Dengan demikian, keputusan menteri yang memangkas TKD—tanpa revisi undang-undang—dapat dikategorikan bertentangan dengan prinsip hierarki peraturan perundang-undangan.
Keputusan menteri, secara hukum tata negara, tidak memiliki kewenangan untuk mengubah substansi undang-undang.
Secara formil, kepala daerah memiliki legal standing untuk menggugat keputusan tersebut ke lembaga Peradilan yang berwenang yakni Mahkamah Agung yang berkompeten mengadili konflik hukum peraturan pemerintah terhadap undang-undang. Tetapi realitas politik menunjukkan dilema: siapa berani menggugat atasan tertinggi, Presiden Prabowo Subianto, secara terbuka?
—
Dilema Moral Kepala Daerah
Para kepala daerah kini berada di persimpangan. Menggugat berarti menantang arus kekuasaan dan mengambil risiko politik besar. Namun diam berarti membiarkan hak konstitusional daerah dikikis perlahan.

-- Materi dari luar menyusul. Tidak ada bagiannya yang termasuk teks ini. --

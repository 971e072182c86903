//! Writers that take whole byte strings.
ghost use Rattle.std.specs.Prelude.{OnErr, OnOk};
ghost use Rattle.std.specs.Io.KnownBytes.{Appends};

use std::alloc::Allocator;
use std::fs::File;
use std::io::{self, BufWriter, Sink, Stdout, Write};

/// A writer that takes whole byte strings.
///
/// Clauses know of some writers that they never fail. What is written to any writer by a call that
/// knows no more of it returns [`Error::Io`](crate::Error::Io) only where that writer failed in
/// that call: it has no other way to show that the writer may fail.
pub trait Output: Write {
    // a writer that never fails
    ghost never_fails: { Self → Type 0 } = { λ _. ⊥ };

    /// Writes all bytes, as `write_all` does.
    ///
    /// # Errors
    ///
    /// That of the writer, as of a vector whose allocation fails. It may then hold a part of the
    /// bytes.
    fn put(&mut self, bytes: &[u8]) -> io::Result<()>
        ensures ok { OnOk result
            (Appends (Self.contents self.old) (Self.contents self.new) bytes.now) }
        ensures failed { OnErr result (never_fails self.old → ⊥) }
        ensures kept { never_fails self.old → never_fails self.new };
}

/// It fails where an allocation fails.
impl<A: Allocator> Output for Vec<u8, A> {
    fn put(&mut self, bytes: &[u8]) -> io::Result<()> {
        self.write_all(bytes)
    }
}

/// It never fails.
impl Output for Sink {
    ghost never_fails = { λ _. Unit {0} };

    fn put(&mut self, bytes: &[u8]) -> io::Result<()> {
        let _ = bytes;
        Ok(())
    }
}

impl<W: Output> Output for &mut W {
    ghost never_fails = { λ w. W.never_fails w.now };

    fn put(&mut self, bytes: &[u8]) -> io::Result<()> {
        Output::put(&mut **self, bytes)
    }
}

impl Output for File {
    fn put(&mut self, bytes: &[u8]) -> io::Result<()> {
        self.write_all(bytes)
    }
}

impl Output for Stdout {
    fn put(&mut self, bytes: &[u8]) -> io::Result<()> {
        self.write_all(bytes)
    }
}

impl<W: Write + Drop, A: Allocator> Output for BufWriter<W, A> {
    fn put(&mut self, bytes: &[u8]) -> io::Result<()> {
        self.write_all(bytes)
    }
}
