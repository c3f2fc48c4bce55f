//! Plays step files on four workers, from a source of bytes to a sink of bytes.
#![tactic(auto)]

mod fault;
mod file_runner;
mod guild_log;
mod lagged;
mod opened;
mod playing;
mod server;
mod texts;
mod worker_slot;
mod writing;

pub use fault::PlayFault;
pub use playing::play;
pub use writing::write_stop;
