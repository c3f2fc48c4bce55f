//! The log of a guild, of which the latest entries are kept.
ghost use Rattle.std.specs.Prelude.{◌≡◌, ◌-◌, List, ◌++◌, ◌∷◌, [], None, length, drop, IfOk, OnOk};
ghost use Rattle.edit_apply.specs.Edits.{verdict, applied, after};
ghost use Rattle.world_law.specs.World.{kept_entries, look_at};
ghost use Rattle.world_law.specs.Inputs.{Rebase};
ghost use Rattle.worker_core.specs.Outputs.{IsGiven};
ghost use Rattle.scenario.specs.Represents.{log_with, over, counted_in, added};

use collections::Seq;
use edit_apply::{Edit, judge, make};
use guild_model::{Guild, Verdict};
use log_entry::{Entry, shared_from};
use snowflake_id::Snowflake;
use std::alloc::{AllocError, Global};
use std::collections::VecDeque;
use std::marker::Model;
use worker_core::Input;

/// The number of entries that a log keeps.
const KEPT: usize = 4096;

/// The latest entries of a log, seen as a list.
pub struct Latest {
    entries: VecDeque<Entry>,
}

impl Drop for Latest {
    fn drop(self) {
        let Latest { entries } = self;
        drop(entries);
    }
}

impl Model for Latest {
    ghost use Rattle.std.specs.Prelude.{List};
    ghost use Rattle.edit_apply.specs.declared.Edit.{Edit};

    ghost Value = { List Edit };

    ghost view = { λ l. l.entries.items };
}

/// A guild's log: the record after all entries, how many they are, and the latest of them.
pub struct GuildLog {
    pub guild: Guild,
    pub count: usize,
    pub latest: Latest,
}

impl Drop for GuildLog {
    fn drop(self) {
        let GuildLog {
            guild,
            count: _,
            latest,
        } = self;
        drop(guild);
        drop(latest);
    }
}

// Makes an accepted edit, which stays as it is.
fn make_copy(alloc: Global, guild: &mut Guild, edit: &Edit) -> Result<(), AllocError>
    requires { verdict guild.old edit.now ≡ None }
    ensures { OnOk result (guild.new ≡ applied guild.old edit.now) }
{
    make(alloc, guild, edit.copy(alloc)?)
}

// Adds an entry to a record, and says why it is refused, if it is.
fn add_to(alloc: Global, guild: &mut Guild, edit: &Edit) -> Result<Option<Verdict>, AllocError>
    ensures answer { IfOk result (λ answer. answer ≡ verdict guild.old edit.now) }
    ensures guild { OnOk result (guild.new ≡ after guild.old edit.now) }
{
    let verdict = judge(guild, edit).err();
    if verdict.is_none() {
        make_copy(alloc, guild, edit)?;
    }
    Ok(verdict)
}

impl Latest {
    fn new(alloc: Global) -> Latest
        ensures { result ≡ [] }
    {
        Latest {
            entries: VecDeque::new(alloc),
        }
    }

    fn len(&self) -> usize
        ensures { result ≡ length self.now }
    {
        self.entries.len()
    }

    // Adds an entry.
    fn push(&mut self, entry: Entry) -> Result<(), AllocError>
        ensures { OnOk result (self.new ≡ self.old ++ entry ∷ []) }
    {
        self.entries.push_back(entry)?;
        Ok(())
    }

    // Removes the oldest entry, if there are as many as are kept.
    fn make_room(&mut self)
        ensures { self.new ≡ drop (over (length self.old)) self.old }
    {
        if self.entries.len() >= KEPT {
            drop(self.entries.pop_front());
        }
    }

    // The entries from a place on, with one more owner each.
    fn shared_from(&self, alloc: Global, from: usize) -> Result<Seq<Entry>, AllocError>
        ensures { IfOk result (λ shared. shared ≡ drop from self.now) }
    {
        let shared = shared_from(alloc, &self.entries, from)?;
        Ok(Seq::from_vec(shared))
    }
}

impl GuildLog {
    /// An empty log.
    pub fn new(alloc: Global, id: Snowflake) -> GuildLog
        ensures { result ≡ log_with id [] }
    {
        GuildLog {
            guild: Guild::closed(alloc, id),
            count: 0,
            latest: Latest::new(alloc),
        }
    }

    /// Adds an entry, and says why it is refused, if it is.
    pub fn add(&mut self, alloc: Global, edit: Edit) -> Result<Option<Verdict>, AllocError>
        ensures answer { IfOk result (λ answer. answer ≡ verdict self.old.guild edit) }
        ensures log { OnOk result (self.new ≡ added self.old edit) }
    {
        let entry = Entry::new(alloc, edit)?;
        let verdict = self.count_in(alloc, entry.edit())?;
        self.latest.push(entry)?;
        Ok(verdict)
    }

    // Adds an entry to all but the latest entries, among which there is room for it afterwards.
    fn count_in(&mut self, alloc: Global, edit: &Edit) -> Result<Option<Verdict>, AllocError>
        ensures answer { IfOk result (λ answer. answer ≡ verdict self.old.guild edit.now) }
        ensures log { OnOk result (self.new ≡ counted_in self.old edit.now) }
    {
        self.latest.make_room();
        let Some(count) = self.count.checked_add(1) else {
            return Err(AllocError);
        };
        self.count = count;
        add_to(alloc, &mut self.guild, edit)
    }

    /// How many entries come before those that are kept.
    pub fn base(&self) -> usize
        ensures { result ≡ self.now.count - kept_entries }
    {
        self.count.saturating_sub(KEPT)
    }

    /// The input of a look by a worker that was given this many entries: those that follow, or the record
    /// after all entries, if the look lags.
    pub fn input_after(
        &self,
        alloc: Global,
        guild: Snowflake,
        cursor: usize,
    ) -> Result<Input, AllocError>
        ensures { (es : List Edit) → self.now ≡ log_with guild es → IfOk result (λ input. IsGiven input (look_at guild es cursor)) }
    {
        let base = self.base();
        if cursor < base {
            return self.rebase(alloc, guild);
        }
        let entries = self.latest.shared_from(alloc, cursor - base)?;
        Ok(Input::Look(guild, entries))
    }

    // The input of a look that lags: no entry follows the record after all of them.
    fn rebase(&self, alloc: Global, guild: Snowflake) -> Result<Input, AllocError>
        ensures { (es : List Edit) → self.now ≡ log_with guild es → IfOk result (λ input. IsGiven input (Rebase guild es)) }
    {
        let record = self.guild.copy(alloc)?;
        Ok(Input::Rebase(guild, self.count as u64, record, Seq::new(alloc)))
    }
}
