//! Looks that lag.

use snowflake_id::Snowflake;

/// A worker's look at a guild's log that lags: the worker was given fewer entries than come before those
/// that the log keeps.
#[derive(Clone, Copy)]
pub struct Lagged {
    pub worker: u8,
    pub guild: Snowflake,
    /// How many entries come before those that are kept.
    pub base: usize,
    /// How many entries the worker was given.
    pub cursor: usize,
}
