//! Plays a step file from a source to a sink.
ghost use Rattle.std.specs.Prelude.{◌≡◌, [], true, OnOk, MatchResult};
ghost use Rattle.world_law.specs.TheLaw.{TheLaw};
ghost use Rattle.scenario.specs.Played.{PlaysAll, PlaysTo, PlayCause};

use crate::fault::PlayFault;
use crate::file_runner::FileRunner;
use gate_outside::piece::Piece;
use gate_outside::streams::{Sink, Source};
use std::alloc::Global;
use world_law::the_law;

// Plays a step file on a sink where nothing waits.
fn play_on<S: Source, K: Sink>(alloc: Global, source: &mut S, sink: &mut K) -> Result<(), PlayFault>
    requires { K.waits sink.old ≡ [] }
    ensures plays { MatchResult result
        (λ _. PlaysAll (S.left source.old) (S.left source.new) (K.got sink.old) (K.got sink.new) [])
        (PlaysTo (S.left source.old) (S.left source.new) (K.got sink.old) (K.got sink.new) []) }
    ensures none { OnOk result (K.waits sink.new ≡ []) }
    ensures ended { OnOk result (S.ended source.new ≡ true) }
    ensures cause { PlayCause (S.faults source.old) (S.faults source.new) (K.faults sink.old) (K.faults sink.new) result }
{
    let mut piece = Piece::new(alloc)?;
    let mut play = FileRunner::new(alloc);
    piece.fill(source)?;
    while !piece.bytes().is_empty() {
        play.feed(sink, piece.bytes())?;
        piece.fill(source)?;
    }
    play.finish(sink)
}

/// Plays a step file on four workers, from its source to its end, and writes its transcript: a line
/// for each text that goes out, for each edit that is refused, and for a line that is refused, which
/// ends the play. Each line is offered to the sink with its line feed as one piece. What waits there
/// goes out first, before each read, at the end, and at a fault but for a write that failed.
///
/// With `Ok` the sink got what waited there before and the transcript of the whole file. After `Read`
/// it got the first and the transcript of the whole lines that were read, after `Line` that of the
/// file, which ends with the line that was refused, and else a front of all this.
pub fn play<S: Source, K: Sink>(
    alloc: Global,
    source: &mut S,
    sink: &mut K,
) -> Result<(), PlayFault>
    ensures plays { MatchResult result
        (λ _. PlaysAll (S.left source.old) (S.left source.new) (K.got sink.old) (K.got sink.new) (K.waits sink.old))
        (PlaysTo (S.left source.old) (S.left source.new) (K.got sink.old) (K.got sink.new) (K.waits sink.old)) }
    ensures none { OnOk result (K.waits sink.new ≡ []) }
    ensures ended { OnOk result (S.ended source.new ≡ true) }
    ensures cause { PlayCause (S.faults source.old) (S.faults source.new) (K.faults sink.old) (K.faults sink.new) result }
    ensures law { TheLaw }
{
    the_law();
    sink.flush()?;
    play_on(alloc, source, sink)
}
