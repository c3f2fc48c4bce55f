//! The four workers, each with how far it has looked at each log.
ghost use Rattle.std.specs.Prelude.{◌≡◌, ℕ, List, [], length, true, Some, IfOk, OnOk, MatchResult};
ghost use Rattle.collections.specs.ById.{find_id, put_all};
ghost use Rattle.guild_model.specs.Record.{own_id};
ghost use Rattle.edit_apply.specs.declared.Edit.{Edit};
ghost use Rattle.dispatch_types.specs.Fold.{contains};
ghost use Rattle.world_law.specs.Model.{Worker as ModelWorker, first_worker};
ghost use Rattle.world_law.specs.Inputs.{Input as ModelInput};
ghost use Rattle.world_law.specs.World.{look_at, first_world};
ghost use Rattle.scenario.specs.Server.{Server, url, first_workers, for_worker, worker_id, lag_of};
ghost use Rattle.scenario.specs.Represents.{log_with, SlotRepresents, SlotsRepresent, SlotSteps, SlotFails, SlotsStep, SlotsFail, HasSlotsOnceStepped, HasSlots, IsFull, cursor_at, calm_of};

use crate::guild_log::GuildLog;
use crate::lagged::Lagged;
use collections::{ById, Keyed, Text};
use session_core::{Bot, copies_of};
use snowflake_id::Snowflake;
use std::alloc::{AllocError, Global};
use worker_core::{Input, Output, StepFault, Worker};

/// The number of entries of a guild's log that a worker was given.
#[derive(Clone, Copy, PartialEq, Eq, Debug)]
pub struct Cursor {
    pub guild: Snowflake,
    pub at: usize,
}

impl Keyed for Cursor {
    ghost key = { λ c. c.guild };

    fn key(&self) -> u64 {
        self.guild.0
    }
}

/// A worker and its cursors.
pub struct WorkerSlot {
    pub worker: Worker,
    pub cursors: ById<Cursor>,
}

impl Drop for WorkerSlot {
    fn drop(self) {
        let WorkerSlot { worker, cursors } = self;
        drop(worker);
        drop(cursors);
    }
}

impl WorkerSlot {
    fn new(
        alloc: Global,
        number: u8,
        bots: &[Bot],
        guilds: &[Snowflake],
    ) -> Result<WorkerSlot, AllocError>
        ensures { IfOk result (λ slot. SlotRepresents (put_all own_id [] guilds.now) number slot (first_worker bots.now guilds.now number (url number))) }
    {
        let url = url_of(alloc, number)?;
        let bots = copies_of(alloc, bots)?;
        Ok(WorkerSlot {
            worker: Worker::new(alloc, number, url, bots, guilds)?,
            cursors: ById::new(alloc),
        })
    }

    fn cursor(&self, guild: Snowflake) -> usize
        ensures { result ≡ cursor_at guild self.now.cursors }
    {
        match self.cursors.get(guild.0) {
            Some(cursor) => cursor.at,
            None => 0,
        }
    }

    // Has the worker look at a guild's log.
    fn look(
        &mut self,
        alloc: Global,
        guild: Snowflake,
        log: &GuildLog,
    ) -> Result<Vec<Output>, StepFault>
        ensures { (guilds : List ℕ) (number : ℕ) (w : ModelWorker) (es : List Edit) → contains guild guilds ≡ true → log.now ≡ log_with guild es → SlotRepresents guilds number self.old w
            → let input = look_at guild es (length (w.logs.seen guild)) in MatchResult result (λ out. SlotSteps guilds number w input self.new out.items) (SlotFails w input) }
    {
        let at = self.cursor(guild);
        let input = log.input_after(alloc, guild, at)?;
        let out = self.worker.step(input)?;
        self.cursors.put(Cursor {
            guild,
            at: at.max(log.count),
        })?;
        Ok(out)
    }

    // The worker's look at a guild's log, if it lags.
    fn lag(&self, number: u8, guild: Snowflake, log: &GuildLog) -> Option<Lagged>
        ensures { (guilds : List ℕ) (w : ModelWorker) (es : List Edit) → log.now ≡ log_with guild es → SlotRepresents guilds number self.now w
            → result ≡ lag_of number guild es (Some w) }
    {
        let base = log.base();
        let cursor = self.cursor(guild);
        if cursor >= base {
            return None;
        }
        Some(Lagged {
            worker: number,
            guild,
            base,
            cursor,
        })
    }

    // Passes the worker any input but a look.
    fn give(&mut self, input: Input) -> Result<Vec<Output>, StepFault>
        ensures { (guilds : List ℕ) (number : ℕ) (w : ModelWorker) (i : ModelInput) → SlotRepresents guilds number self.old w → calm_of input ≡ Some i
            → MatchResult result (λ out. SlotSteps guilds number w i self.new out.items) (SlotFails w i) }
    {
        self.worker.step(input)
    }
}

fn url_of(alloc: Global, number: u8) -> Result<Text, AllocError>
    ensures { IfOk result (λ text. text ≡ url number) }
{
    let url = format!(in alloc; "ws://w{number}.gate.invalid")?;
    Ok(Text::from_string(url))
}

// Four workers of these bots and guilds, before their first input.
fn first_slots(
    alloc: Global,
    bots: &[Bot],
    guilds: &[Snowflake],
) -> Result<Vec<WorkerSlot>, AllocError>
    ensures sit { IfOk result (λ slots. SlotsRepresent (put_all own_id [] guilds.now) 0 slots.items (first_world bots.now guilds.now first_workers).workers) }
    ensures full { IfOk result (λ slots. IsFull slots.items) }
{
    let mut slots = Vec::new(alloc);
    slots.push(WorkerSlot::new(alloc, 0, bots, guilds)?)?;
    slots.push(WorkerSlot::new(alloc, 1, bots, guilds)?)?;
    slots.push(WorkerSlot::new(alloc, 2, bots, guilds)?)?;
    slots.push(WorkerSlot::new(alloc, 3, bots, guilds)?)?;
    Ok(slots)
}

/// Makes the workers, if no step was made yet.
pub fn start(
    alloc: Global,
    slots: &mut Vec<WorkerSlot>,
    bots: &[Bot],
    guilds: &[Snowflake],
) -> Result<(), AllocError>
    ensures { OnOk result ((p : Server) → bots.now ≡ p.bots → guilds.now ≡ p.guilds → HasSlotsOnceStepped slots.old.items p → IsFull slots.new.items × HasSlots slots.new.items p) }
{
    if slots.is_empty() {
        *slots = first_slots(alloc, bots, guilds)?;
    }
    Ok(())
}

/// Has the worker of this number look at a guild's log.
pub fn look(
    alloc: Global,
    slots: &mut Vec<WorkerSlot>,
    number: u8,
    guild: Snowflake,
    log: &GuildLog,
) -> Result<Vec<Output>, StepFault>
    ensures { (guilds : List ℕ) (ws : List ModelWorker) (es : List Edit) → contains guild guilds ≡ true → log.now ≡ log_with guild es → SlotsRepresent guilds 0 slots.old.items ws
        → let given = λ (w : ModelWorker). for_worker number (look_at guild es (length (w.logs.seen guild))) w in
        MatchResult result (λ out. SlotsStep guilds given ws slots.new.items out.items) (SlotsFail given ws) }
{
    let index = number as usize;
    if index >= slots.len() {
        return Ok(Vec::new(alloc));
    }
    slots[index].look(alloc, guild, log)
}

/// The look at a guild's log of the worker of this number, if it lags.
pub fn lag(slots: &[WorkerSlot], number: u8, guild: Snowflake, log: &GuildLog) -> Option<Lagged>
    ensures { (guilds : List ℕ) (ws : List ModelWorker) (es : List Edit) → log.now ≡ log_with guild es → SlotsRepresent guilds 0 slots.now ws
        → result ≡ lag_of number guild es (find_id worker_id number ws) }
{
    let index = number as usize;
    if index >= slots.len() {
        return None;
    }
    let slot = &slots[index];
    slot.lag(number, guild, log)
}

/// Passes an input other than a look to the worker of this number.
pub fn give(
    alloc: Global,
    slots: &mut Vec<WorkerSlot>,
    number: u8,
    input: Input,
) -> Result<Vec<Output>, StepFault>
    ensures { (guilds : List ℕ) (ws : List ModelWorker) (i : ModelInput) → SlotsRepresent guilds 0 slots.old.items ws → calm_of input ≡ Some i
        → MatchResult result (λ out. SlotsStep guilds (for_worker number i) ws slots.new.items out.items) (SlotsFail (for_worker number i) ws) }
{
    let index = number as usize;
    if index >= slots.len() {
        return Ok(Vec::new(alloc));
    }
    slots[index].give(input)
}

Otonomi daerah yang dulu diperjuangkan dengan semangat reformasi kini tampak memudar. Kepala daerah seolah kembali menjadi pelaksana kebijakan pusat, bukan lagi mitra sejajar dalam sistem pemerintahan desentralistik. Padahal, di pundak merekalah cita-cita pembangunan berbasis kewilayahan seharusnya tumbuh.
—
Kreativitas Fiskal: Solusi atau Sekadar Retorika?
Pemerintah mendorong daerah agar kreatif menggali Pendapatan Asli Daerah (PAD). Tapi bagaimana kreativitas itu bisa tumbuh, jika ruang kewenangan daerah terus menyempit akibat sentralisasi kebijakan?
Banyak potensi strategis—dari tambang hingga perikanan—masih dikendalikan pusat, sementara daerah hanya menerima bagian yang kecil.
Kemandirian fiskal bukan sekadar soal inovasi, tapi soal kepercayaan dan pembagian kewenangan yang adil. Tanpa itu, seruan “daerah harus kreatif” terdengar seperti ironi di tengah kebijakan yang justru mengekang mereka.